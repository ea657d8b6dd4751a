//! Samples that overlap in one processor: guarded images, and the machine that runs them.
#![tactic(auto)]

mod cycles;
mod enables;
mod guarded;
mod guarding;
mod issues;
mod machine;
mod obeyed;
mod prologue;
mod starts;
mod stream;
mod takes;
mod words;

pub use guarded::{Guarded, GuardedWord, Staged};
pub use guarding::{guard, guard_feasible};
pub use machine::{GuardedMachine, Unguarded, unguard};
pub use stream::run_guarded;
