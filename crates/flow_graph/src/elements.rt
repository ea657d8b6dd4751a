//! The numbers of the nodes of elements.

ghost use Rattle.std.specs.Prelude.{◌≡◌, ◌<◌, ◌^◌, ℕ, ℤ, List as Listed, Some, length, map, slice_get, slice_index, IfOk};
ghost use Rattle.signal_graph.specs.Flat.{view};
ghost use Rattle.signal_graph.specs.FlatRules.{IsFlat};
ghost use Rattle.signal_graph.specs.FlatSolves.{IsFlatLoopless};
ghost use Rattle.signal_graph.specs.GraphOf.{sites, Site as Place};
ghost use Rattle.flow_graph.specs.Private.Aliases.{IsInside};
ghost use Rattle.flow_graph.specs.Private.Delayed.{TellsDelayed};
ghost use Rattle.flow_graph.specs.Private.ElementNodes.{AreElementNumbers};
ghost use Rattle.flow_graph.specs.Private.LastPlaces.{AreLast};
ghost use Rattle.flow_graph.specs.Private.Nodes.{AreNumbers};
ghost use Rattle.flow_graph.specs.Private.Sites.{view_site};

use crate::aliases::ends_of_aliases;
use crate::sites::Site;
use signal_graph::FlatProgram;
use std::alloc::{AllocError, AllocFailed, Global};

/// For each element the number of its last place.
fn last_numbers(
    alloc: Global,
    sites: &[Site],
    numbers: &[u32],
    elements: usize,
) -> Result<Vec<u32>, AllocError>
    requires size { length numbers.now ≡ length sites.now }
    requires within { (i : ℕ) → (s : Place) → slice_get (map view_site sites.now) i ≡ Some s
        → s.element < elements }
    ensures { IfOk result (λ last. AreLast (map view_site sites.now) numbers.now elements last.items) }
{
    let mut last = vec![in alloc; 0; elements]?;
    for place in 0..sites.len() {
        last[sites[place].elem as usize] = numbers[place];
    }
    Ok(last)
}

/// For each element the number of the last place of the one whose node it has.
fn numbers_at(alloc: Global, last: &[u32], ends: &[u32]) -> Result<Vec<u32>, AllocError>
    requires { (e : ℕ) → e < length ends.now → slice_index ends.now e < length last.now }
    ensures { IfOk result (λ numbers. numbers.items ≡ map (λ end. slice_index last.now end) ends.now) }
{
    let mut numbers = Vec::with_capacity(alloc, ends.len())?;
    for end in ends {
        numbers.push(last[*end as usize])?;
    }
    Ok(numbers)
}

/// For each element the number of its node. The table says which are read with a delay.
pub(crate) fn element_numbers(
    alloc: Global,
    flat: &FlatProgram,
    delayed: &[bool],
    places: &[Site],
    numbers: &[u32],
) -> Result<Vec<u32>, AllocError>
    requires sound { IsFlat (view flat.now) }
    requires loopless { IsFlatLoopless (view flat.now) }
    requires delayed { TellsDelayed (view flat.now) delayed.now }
    requires places { map view_site places.now ≡ sites (view flat.now) }
    requires numbers { (words : Listed (ℤ × ℕ)) × AreNumbers (sites (view flat.now)) numbers.now words }
    ensures { IfOk result (λ elements. AreElementNumbers (view flat.now) elements.items) }
{
    let ends = ends_of_aliases(alloc, flat, delayed)?;
    let last = last_numbers(alloc, places, numbers, ends.len())?;
    numbers_at(alloc, &last, &ends)
}
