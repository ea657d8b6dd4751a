//! The words with which cells start.

ghost use Rattle.std.specs.Prelude.{◌≡◌, ◌+◌, ◌<◌, length, IfOk};
ghost use Rattle.plan_soundness.specs.Parts.{lines_of};
ghost use Rattle.overlap_plan.specs.IsStagePlan.{plan_of};
ghost use Rattle.overlap_sim.specs.Private.Staged.{IsStageReady};
ghost use Rattle.overlap_sim.specs.Private.Cells.{AreCellsStarted};

use datapath::Datapath;
use lists::List;
use micro_image::UnitDesc;
use microcode_asm::{blank_units, write_cell};
use overlap_plan::{GuardFault, StagePlan};
use std::alloc::Global;

/// The word itself. As a result it is known to fit.
fn word_of(word: &i64) -> i64
    ensures { result ≡ word.now }
{
    *word
}

/// Puts the initial values of a node that are read from delay line l into its cells.
fn start_cells(plan: &StagePlan, datapath: &Datapath, l: usize, units: &mut List<UnitDesc>)
    requires ready { IsStageReady datapath.now plan.now }
    requires there { l < length (lines_of (plan_of plan.now)) }
    requires started { AreCellsStarted datapath.now (plan_of plan.now) l units.old }
    ensures { AreCellsStarted datapath.now (plan_of plan.now) (l + 1) units.new }
{
    let line = plan.assigned.lowered.lines[l];
    for (ago, word) in plan.assigned.lowered.nodes[line.node as usize].inits.iter() {
        if *ago > 0 && *ago <= line.depth {
            write_cell(
                units,
                line.ram,
                line.offset as usize + usize::from(*ago),
                word_of(word),
            );
        }
    }
}

/// The units of the guarded image. Registers start with 0, since no lifetime keeps a word of before sample 0.
pub(crate) fn units(
    alloc: Global,
    plan: &StagePlan,
    datapath: &Datapath,
) -> Result<List<UnitDesc>, GuardFault>
    requires { IsStageReady datapath.now plan.now }
    ensures { IfOk result (AreCellsStarted datapath.now (plan_of plan.now) (length (lines_of (plan_of plan.now)))) }
{
    let mut units = blank_units(alloc, datapath)?;
    for l in 0..plan.assigned.lowered.lines.len() {
        start_cells(plan, datapath, l, &mut units);
    }
    Ok(units)
}
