//! The cycles of a plan of several stages, around the period.

ghost use Rattle.std.specs.Prelude.{◌≡◌, ◌+◌, ◌-◌, ◌/◌, ◌%◌, ◌<◌, length, IfOk};
ghost use Rattle.plan_soundness.specs.Parts.{nodes_of, cycle_at, ends_at};
ghost use Rattle.plan_soundness.specs.Overlap.{shift_of as shift_in};
ghost use Rattle.microcode_asm.specs.Order.{IsUnitOrder};
ghost use Rattle.overlap_plan.specs.IsStagePlan.{plan_of};
ghost use Rattle.overlap_sim.specs.GuardedOf.{stage_of as stage_in};
ghost use Rattle.overlap_sim.specs.Private.Staged.{IsStageReady, AreIssued, AreEnded};

use bucket_sort::Buckets;
use datapath::Datapath;
use lists::List;
use overlap_plan::{GuardFault, StagePlan};
use std::alloc::Global;

/// The cycle of the period at a cycle of a sample.
fn around(cycle: usize, period: u16) -> usize
    requires { 0 < period }
    ensures { result ≡ cycle % period }
{
    cycle % usize::from(period)
}

/// The stage of a cycle of a sample.
fn stage(cycle: usize, period: u16) -> u8
    requires some { 0 < period }
    requires few { cycle / period < 256 }
    ensures { result ≡ cycle / period }
{
    (cycle / usize::from(period)) as u8
}

/// The cycle of its sample in which a node is issued.
fn cycle_of(plan: &StagePlan, datapath: &Datapath, v: usize) -> u16
    requires ready { IsStageReady datapath.now plan.now }
    requires node { v < length (nodes_of (plan_of plan.now)) }
    ensures { result ≡ cycle_at (plan_of plan.now) v }
{
    plan.schedule.slots[v].cycle
}

/// The cycle in which the result of an operation is there that is issued in this cycle and takes so long.
fn end_at(cycle: u16, latency: u8) -> usize
    requires { 0 < latency }
    ensures { result ≡ cycle + (latency - 1) }
{
    usize::from(cycle) + usize::from(latency - 1)
}

/// The cycle of its sample in which the result of a node is there.
fn end_of(plan: &StagePlan, datapath: &Datapath, v: usize) -> usize
    requires ready { IsStageReady datapath.now plan.now }
    requires node { v < length (nodes_of (plan_of plan.now)) }
    ensures { result ≡ ends_at datapath.now (plan_of plan.now) v }
{
    let unit = plan.assigned.units[v];
    let latency = datapath.units[usize::from(unit)].latency;
    end_at(cycle_of(plan, datapath, v), latency)
}

/// The stage in which a node is issued.
pub(crate) fn stage_of(plan: &StagePlan, datapath: &Datapath, v: usize) -> u8
    requires ready { IsStageReady datapath.now plan.now }
    requires node { v < length (nodes_of (plan_of plan.now)) }
    ensures { result ≡ stage_in datapath.now (cycle_at (plan_of plan.now) v) }
{
    stage(usize::from(cycle_of(plan, datapath, v)), datapath.period)
}

/// The stage in which the result of a node is there.
pub(crate) fn end_stage_of(plan: &StagePlan, datapath: &Datapath, v: usize) -> u8
    requires ready { IsStageReady datapath.now plan.now }
    requires node { v < length (nodes_of (plan_of plan.now)) }
    ensures { result ≡ stage_in datapath.now (ends_at datapath.now (plan_of plan.now) v) }
{
    stage(end_of(plan, datapath, v), datapath.period)
}

/// The stage in which the words of lifetime k are written.
pub(crate) fn shift_of(plan: &StagePlan, datapath: &Datapath, k: usize) -> u8
    requires ready { IsStageReady datapath.now plan.now }
    requires there { k < length plan.now.arcs }
    ensures { result ≡ shift_in datapath.now (plan_of plan.now) k }
{
    end_stage_of(plan, datapath, plan.arcs[k].node as usize)
}

/// The nodes, by their places in order, by cycle of the period.
#[derive(Drop)]
pub(crate) struct NodeCycles {
    /// By the cycle in which they are issued.
    pub issued: Buckets,
    /// By the cycle in which their result is there.
    pub ended: Buckets,
}

/// Deals the nodes to their cycles.
pub(crate) fn node_cycles(
    alloc: Global,
    plan: &StagePlan,
    datapath: &Datapath,
    order: &List<usize>,
) -> Result<NodeCycles, GuardFault>
    requires ready { IsStageReady datapath.now plan.now }
    requires order { IsUnitOrder plan.now.assigned order.now }
    ensures issued { IfOk result (λ cycles. AreIssued datapath.now (plan_of plan.now) order.now cycles.issued) }
    ensures ended { IfOk result (λ cycles. AreEnded datapath.now (plan_of plan.now) order.now cycles.ended) }
{
    let period = datapath.period;
    let mut issued = Buckets::empty(alloc, usize::from(period), order.len())?;
    let mut ended = Buckets::empty(alloc, usize::from(period), order.len())?;
    for i in (0..order.len()).rev() {
        let v = order[i];
        let cycle = usize::from(cycle_of(plan, datapath, v));
        issued.put_first(around(cycle, period), i);
        ended.put_first(around(end_of(plan, datapath, v), period), i);
    }
    Ok(NodeCycles { issued, ended })
}
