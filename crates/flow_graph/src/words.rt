//! The numbers of the nodes of raw words.

ghost use Rattle.std.specs.Prelude.{◌≡◌, ℤ, [], OnOk};
ghost use Rattle.std.specs.Option.{option_or};
ghost use Rattle.flow_graph.specs.Private.Words.{number_in, number_if};

use indexmap::IndexMap;
use std::alloc::{AllocError, Global};
use std::marker::Model;

/// Raw words with the numbers of their nodes, which contracts see as a list of pairs.
#[derive(Drop)]
pub(crate) struct Words {
    numbers: IndexMap<i64, u32>,
}

impl Model for Words {
    ghost use Rattle.std.specs.Prelude.{ℕ, ℤ, List as Listed};

    ghost Value = { Listed (ℤ × ℕ) };

    ghost view = { λ words. words.numbers.entries };
}

impl Words {
    pub fn new(alloc: Global) -> Words
        ensures { result ≡ [] }
    {
        Words {
            numbers: IndexMap::new(alloc),
        }
    }

    pub fn get(&self, word: i64) -> Option<u32>
        ensures { result ≡ number_in self.now word }
    {
        self.numbers.get(&word).copied()
    }

    /// Adds a word that has no number.
    pub fn add(&mut self, word: i64, number: u32) -> Result<(), AllocError>
        ensures { OnOk result ((other : ℤ) → number_in self.new other
            ≡ option_or (number_in self.old other) (number_if word number other)) }
    {
        if self.numbers.get(&word).is_some() {
            return Ok(());
        }
        self.numbers.insert(word, number)?;
        Ok(())
    }
}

#### Your objective
Go through the material line by line and state how many lines hold "TellsDelayed", with no other words.

#### Written reply
2